(Saved data entries)
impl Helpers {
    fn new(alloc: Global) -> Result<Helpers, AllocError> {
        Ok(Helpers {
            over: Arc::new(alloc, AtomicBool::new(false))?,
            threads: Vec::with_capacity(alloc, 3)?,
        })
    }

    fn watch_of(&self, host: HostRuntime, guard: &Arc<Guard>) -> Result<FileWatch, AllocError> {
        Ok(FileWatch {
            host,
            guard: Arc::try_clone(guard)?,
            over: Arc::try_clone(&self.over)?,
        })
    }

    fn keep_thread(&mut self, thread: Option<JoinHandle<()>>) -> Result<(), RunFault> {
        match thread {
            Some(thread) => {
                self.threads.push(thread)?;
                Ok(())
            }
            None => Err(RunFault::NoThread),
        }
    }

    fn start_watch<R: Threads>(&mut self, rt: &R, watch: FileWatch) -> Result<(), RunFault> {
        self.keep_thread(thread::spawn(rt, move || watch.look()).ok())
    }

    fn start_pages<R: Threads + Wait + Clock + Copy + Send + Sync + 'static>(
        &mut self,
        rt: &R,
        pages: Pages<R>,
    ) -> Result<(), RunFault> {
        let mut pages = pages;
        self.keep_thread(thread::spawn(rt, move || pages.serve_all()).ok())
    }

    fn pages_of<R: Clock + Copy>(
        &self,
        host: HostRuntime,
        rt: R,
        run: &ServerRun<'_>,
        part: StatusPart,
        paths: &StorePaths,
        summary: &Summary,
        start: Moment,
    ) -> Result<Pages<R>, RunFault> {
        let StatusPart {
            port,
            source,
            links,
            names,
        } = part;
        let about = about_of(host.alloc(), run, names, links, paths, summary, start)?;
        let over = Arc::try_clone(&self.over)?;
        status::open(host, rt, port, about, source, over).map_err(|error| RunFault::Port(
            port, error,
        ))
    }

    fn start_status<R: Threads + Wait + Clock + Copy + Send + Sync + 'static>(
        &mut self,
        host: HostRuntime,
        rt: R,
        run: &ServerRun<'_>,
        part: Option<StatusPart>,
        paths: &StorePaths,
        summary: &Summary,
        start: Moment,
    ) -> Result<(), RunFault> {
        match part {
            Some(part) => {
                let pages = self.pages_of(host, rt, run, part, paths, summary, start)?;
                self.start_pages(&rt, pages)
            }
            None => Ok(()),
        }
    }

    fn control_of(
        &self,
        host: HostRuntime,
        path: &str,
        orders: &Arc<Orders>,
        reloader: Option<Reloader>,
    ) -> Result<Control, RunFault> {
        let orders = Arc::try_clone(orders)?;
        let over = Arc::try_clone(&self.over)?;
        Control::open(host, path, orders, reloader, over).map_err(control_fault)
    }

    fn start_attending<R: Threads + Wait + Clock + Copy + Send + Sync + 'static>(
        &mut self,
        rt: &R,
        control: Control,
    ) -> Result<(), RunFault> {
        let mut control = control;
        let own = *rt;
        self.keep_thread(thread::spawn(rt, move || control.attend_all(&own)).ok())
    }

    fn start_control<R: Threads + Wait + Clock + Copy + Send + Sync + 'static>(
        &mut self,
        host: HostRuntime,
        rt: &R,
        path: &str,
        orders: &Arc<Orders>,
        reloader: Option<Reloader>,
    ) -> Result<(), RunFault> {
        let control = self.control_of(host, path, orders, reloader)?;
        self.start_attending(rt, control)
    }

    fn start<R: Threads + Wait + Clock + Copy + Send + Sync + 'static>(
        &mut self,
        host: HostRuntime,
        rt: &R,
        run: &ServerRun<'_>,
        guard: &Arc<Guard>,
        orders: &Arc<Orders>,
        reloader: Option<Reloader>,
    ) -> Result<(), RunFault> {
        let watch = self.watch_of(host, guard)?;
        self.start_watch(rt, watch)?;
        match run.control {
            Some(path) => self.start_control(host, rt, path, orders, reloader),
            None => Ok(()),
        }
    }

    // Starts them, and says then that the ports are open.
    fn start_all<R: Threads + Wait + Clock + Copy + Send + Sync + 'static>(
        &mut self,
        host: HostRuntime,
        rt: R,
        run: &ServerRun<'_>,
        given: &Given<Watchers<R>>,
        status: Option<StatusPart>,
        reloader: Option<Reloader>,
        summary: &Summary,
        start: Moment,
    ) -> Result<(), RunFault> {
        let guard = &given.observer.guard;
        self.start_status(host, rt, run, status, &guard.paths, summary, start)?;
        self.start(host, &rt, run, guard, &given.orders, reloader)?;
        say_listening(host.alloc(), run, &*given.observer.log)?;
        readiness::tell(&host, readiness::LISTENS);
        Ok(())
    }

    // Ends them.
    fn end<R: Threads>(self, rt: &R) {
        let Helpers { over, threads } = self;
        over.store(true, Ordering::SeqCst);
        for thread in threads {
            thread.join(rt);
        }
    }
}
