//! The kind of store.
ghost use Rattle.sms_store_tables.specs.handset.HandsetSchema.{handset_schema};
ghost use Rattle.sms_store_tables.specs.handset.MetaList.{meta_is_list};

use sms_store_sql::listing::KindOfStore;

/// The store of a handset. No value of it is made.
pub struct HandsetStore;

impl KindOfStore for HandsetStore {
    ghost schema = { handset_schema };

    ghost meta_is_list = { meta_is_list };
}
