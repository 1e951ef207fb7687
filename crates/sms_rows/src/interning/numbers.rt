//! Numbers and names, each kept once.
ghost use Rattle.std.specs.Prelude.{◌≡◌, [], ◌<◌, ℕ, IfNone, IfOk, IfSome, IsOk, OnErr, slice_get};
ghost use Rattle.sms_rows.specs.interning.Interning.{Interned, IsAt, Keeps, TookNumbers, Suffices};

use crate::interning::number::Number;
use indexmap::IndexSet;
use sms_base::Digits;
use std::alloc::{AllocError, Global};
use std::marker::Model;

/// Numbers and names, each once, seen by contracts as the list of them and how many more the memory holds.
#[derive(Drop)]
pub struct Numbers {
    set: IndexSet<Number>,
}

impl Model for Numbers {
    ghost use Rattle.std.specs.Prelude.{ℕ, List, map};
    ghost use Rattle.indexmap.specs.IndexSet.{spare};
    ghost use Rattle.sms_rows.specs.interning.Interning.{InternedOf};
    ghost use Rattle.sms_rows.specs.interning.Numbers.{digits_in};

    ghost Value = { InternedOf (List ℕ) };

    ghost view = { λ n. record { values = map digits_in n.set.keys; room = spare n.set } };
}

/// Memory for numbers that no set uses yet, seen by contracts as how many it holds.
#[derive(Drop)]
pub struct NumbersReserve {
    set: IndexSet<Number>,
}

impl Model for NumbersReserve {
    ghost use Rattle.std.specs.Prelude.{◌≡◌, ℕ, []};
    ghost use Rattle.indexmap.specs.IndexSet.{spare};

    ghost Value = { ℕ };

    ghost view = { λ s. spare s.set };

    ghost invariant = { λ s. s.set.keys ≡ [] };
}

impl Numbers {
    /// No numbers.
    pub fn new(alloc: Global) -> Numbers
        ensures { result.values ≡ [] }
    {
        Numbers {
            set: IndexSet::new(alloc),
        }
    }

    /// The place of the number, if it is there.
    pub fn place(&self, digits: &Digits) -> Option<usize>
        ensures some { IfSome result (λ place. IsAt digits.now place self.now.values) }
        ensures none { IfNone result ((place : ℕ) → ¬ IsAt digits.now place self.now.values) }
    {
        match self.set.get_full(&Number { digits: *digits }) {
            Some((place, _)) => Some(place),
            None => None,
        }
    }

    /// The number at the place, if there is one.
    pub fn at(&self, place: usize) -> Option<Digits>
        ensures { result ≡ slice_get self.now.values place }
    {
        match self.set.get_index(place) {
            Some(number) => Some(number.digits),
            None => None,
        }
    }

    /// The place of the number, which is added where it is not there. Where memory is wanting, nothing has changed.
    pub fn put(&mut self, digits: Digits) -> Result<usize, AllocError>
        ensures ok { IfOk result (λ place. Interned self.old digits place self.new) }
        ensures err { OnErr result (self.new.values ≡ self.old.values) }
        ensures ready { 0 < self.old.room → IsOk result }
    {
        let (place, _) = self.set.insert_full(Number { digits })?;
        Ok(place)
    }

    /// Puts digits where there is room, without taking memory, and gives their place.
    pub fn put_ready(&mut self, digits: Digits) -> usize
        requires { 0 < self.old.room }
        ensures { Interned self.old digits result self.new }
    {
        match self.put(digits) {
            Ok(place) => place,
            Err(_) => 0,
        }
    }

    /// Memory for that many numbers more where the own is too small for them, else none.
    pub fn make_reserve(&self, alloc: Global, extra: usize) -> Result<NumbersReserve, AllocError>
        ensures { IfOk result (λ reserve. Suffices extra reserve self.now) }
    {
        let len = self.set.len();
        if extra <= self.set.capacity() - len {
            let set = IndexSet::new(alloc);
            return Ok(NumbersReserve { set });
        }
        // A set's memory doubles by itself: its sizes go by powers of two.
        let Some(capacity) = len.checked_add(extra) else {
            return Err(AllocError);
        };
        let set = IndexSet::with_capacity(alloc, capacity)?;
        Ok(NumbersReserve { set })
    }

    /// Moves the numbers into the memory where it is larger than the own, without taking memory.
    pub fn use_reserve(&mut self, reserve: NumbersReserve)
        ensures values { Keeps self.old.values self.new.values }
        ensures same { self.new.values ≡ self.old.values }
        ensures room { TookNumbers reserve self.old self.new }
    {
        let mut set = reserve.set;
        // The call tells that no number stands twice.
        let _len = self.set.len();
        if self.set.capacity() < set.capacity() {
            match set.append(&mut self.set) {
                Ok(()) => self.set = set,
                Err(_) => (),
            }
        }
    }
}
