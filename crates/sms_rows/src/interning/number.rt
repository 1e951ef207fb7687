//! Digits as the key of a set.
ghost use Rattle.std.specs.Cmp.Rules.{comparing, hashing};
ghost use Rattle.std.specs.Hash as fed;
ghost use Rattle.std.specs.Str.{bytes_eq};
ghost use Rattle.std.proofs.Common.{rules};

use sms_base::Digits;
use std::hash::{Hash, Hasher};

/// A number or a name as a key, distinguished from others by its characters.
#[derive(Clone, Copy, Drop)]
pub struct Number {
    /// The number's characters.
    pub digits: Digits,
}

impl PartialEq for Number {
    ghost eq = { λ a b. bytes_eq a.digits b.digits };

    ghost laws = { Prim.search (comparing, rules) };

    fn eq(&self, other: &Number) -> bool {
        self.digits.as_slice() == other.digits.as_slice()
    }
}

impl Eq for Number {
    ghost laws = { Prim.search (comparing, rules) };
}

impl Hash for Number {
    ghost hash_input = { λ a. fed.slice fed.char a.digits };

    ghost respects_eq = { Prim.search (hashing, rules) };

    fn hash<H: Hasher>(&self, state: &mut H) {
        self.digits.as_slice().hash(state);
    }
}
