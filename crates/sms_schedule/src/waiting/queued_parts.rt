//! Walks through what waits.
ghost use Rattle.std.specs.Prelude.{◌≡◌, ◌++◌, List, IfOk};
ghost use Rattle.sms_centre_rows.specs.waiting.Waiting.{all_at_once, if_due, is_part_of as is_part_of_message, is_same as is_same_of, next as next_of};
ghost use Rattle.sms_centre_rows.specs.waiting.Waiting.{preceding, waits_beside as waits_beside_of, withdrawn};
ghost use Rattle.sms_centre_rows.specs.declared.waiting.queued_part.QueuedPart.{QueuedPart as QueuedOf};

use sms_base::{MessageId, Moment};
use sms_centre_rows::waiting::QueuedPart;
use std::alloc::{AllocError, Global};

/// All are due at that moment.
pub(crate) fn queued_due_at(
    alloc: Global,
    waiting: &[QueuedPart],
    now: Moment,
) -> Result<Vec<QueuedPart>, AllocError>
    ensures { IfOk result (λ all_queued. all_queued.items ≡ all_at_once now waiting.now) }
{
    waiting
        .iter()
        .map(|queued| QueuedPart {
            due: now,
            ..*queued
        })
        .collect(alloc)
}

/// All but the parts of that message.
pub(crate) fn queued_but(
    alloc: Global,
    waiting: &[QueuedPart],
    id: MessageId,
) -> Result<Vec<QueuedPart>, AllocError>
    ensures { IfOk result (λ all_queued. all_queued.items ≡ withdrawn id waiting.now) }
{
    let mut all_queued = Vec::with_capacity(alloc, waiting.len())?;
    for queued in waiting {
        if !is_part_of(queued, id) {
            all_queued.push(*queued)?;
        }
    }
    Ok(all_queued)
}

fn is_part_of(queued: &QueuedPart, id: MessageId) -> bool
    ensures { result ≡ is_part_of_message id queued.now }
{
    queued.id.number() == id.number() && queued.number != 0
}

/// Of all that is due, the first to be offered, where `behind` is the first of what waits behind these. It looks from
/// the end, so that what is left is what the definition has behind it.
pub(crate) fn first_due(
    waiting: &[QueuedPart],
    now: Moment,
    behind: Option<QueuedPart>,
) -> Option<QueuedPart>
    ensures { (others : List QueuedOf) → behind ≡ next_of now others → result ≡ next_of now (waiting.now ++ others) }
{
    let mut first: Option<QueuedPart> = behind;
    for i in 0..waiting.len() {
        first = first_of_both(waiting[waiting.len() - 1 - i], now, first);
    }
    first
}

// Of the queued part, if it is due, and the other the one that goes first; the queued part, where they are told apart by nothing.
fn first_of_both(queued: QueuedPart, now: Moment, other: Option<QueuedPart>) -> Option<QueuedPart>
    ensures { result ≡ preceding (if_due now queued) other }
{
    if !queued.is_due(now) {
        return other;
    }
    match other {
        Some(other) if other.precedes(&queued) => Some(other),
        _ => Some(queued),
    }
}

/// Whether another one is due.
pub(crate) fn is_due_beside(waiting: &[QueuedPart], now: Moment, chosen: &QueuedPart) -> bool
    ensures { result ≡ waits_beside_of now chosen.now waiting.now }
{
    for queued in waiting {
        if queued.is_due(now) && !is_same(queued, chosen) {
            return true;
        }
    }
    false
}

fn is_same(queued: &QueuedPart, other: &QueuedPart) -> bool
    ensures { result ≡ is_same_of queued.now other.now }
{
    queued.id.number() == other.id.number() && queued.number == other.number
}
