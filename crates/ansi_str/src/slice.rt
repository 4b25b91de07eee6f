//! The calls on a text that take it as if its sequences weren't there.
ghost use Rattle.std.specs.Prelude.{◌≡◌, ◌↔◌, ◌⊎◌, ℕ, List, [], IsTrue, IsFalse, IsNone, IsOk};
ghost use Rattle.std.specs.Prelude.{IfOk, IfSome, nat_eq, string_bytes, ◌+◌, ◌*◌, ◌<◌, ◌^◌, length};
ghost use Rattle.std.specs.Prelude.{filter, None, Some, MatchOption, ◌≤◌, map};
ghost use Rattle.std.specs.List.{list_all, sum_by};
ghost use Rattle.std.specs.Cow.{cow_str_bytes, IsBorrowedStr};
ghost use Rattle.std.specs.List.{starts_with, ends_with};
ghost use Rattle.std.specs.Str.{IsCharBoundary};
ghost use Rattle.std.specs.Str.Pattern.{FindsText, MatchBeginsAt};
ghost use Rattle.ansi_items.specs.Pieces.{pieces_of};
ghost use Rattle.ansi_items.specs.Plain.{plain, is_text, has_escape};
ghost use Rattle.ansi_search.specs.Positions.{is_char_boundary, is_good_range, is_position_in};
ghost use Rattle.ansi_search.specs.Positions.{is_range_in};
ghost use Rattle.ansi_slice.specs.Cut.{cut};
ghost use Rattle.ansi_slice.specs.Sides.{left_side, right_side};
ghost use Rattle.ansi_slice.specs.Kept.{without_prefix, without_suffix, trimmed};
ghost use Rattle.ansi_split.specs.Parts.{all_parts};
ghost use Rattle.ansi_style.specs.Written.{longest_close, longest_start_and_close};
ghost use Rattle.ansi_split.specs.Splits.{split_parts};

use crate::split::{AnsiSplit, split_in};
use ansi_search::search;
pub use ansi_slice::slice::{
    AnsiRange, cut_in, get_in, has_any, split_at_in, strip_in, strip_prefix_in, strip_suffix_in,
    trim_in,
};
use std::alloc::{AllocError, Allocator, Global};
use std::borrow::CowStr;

# [Exercise objective]
Filter the data above by the word "nothing" and copy every line that matches.

# [Reply to the task]
    /// The place of the number, which is added where it is not there. Where memory is wanting, nothing has changed.
// Of the queued part, if it is due, and the other the one that goes first; the queued part, where they are told apart by nothing.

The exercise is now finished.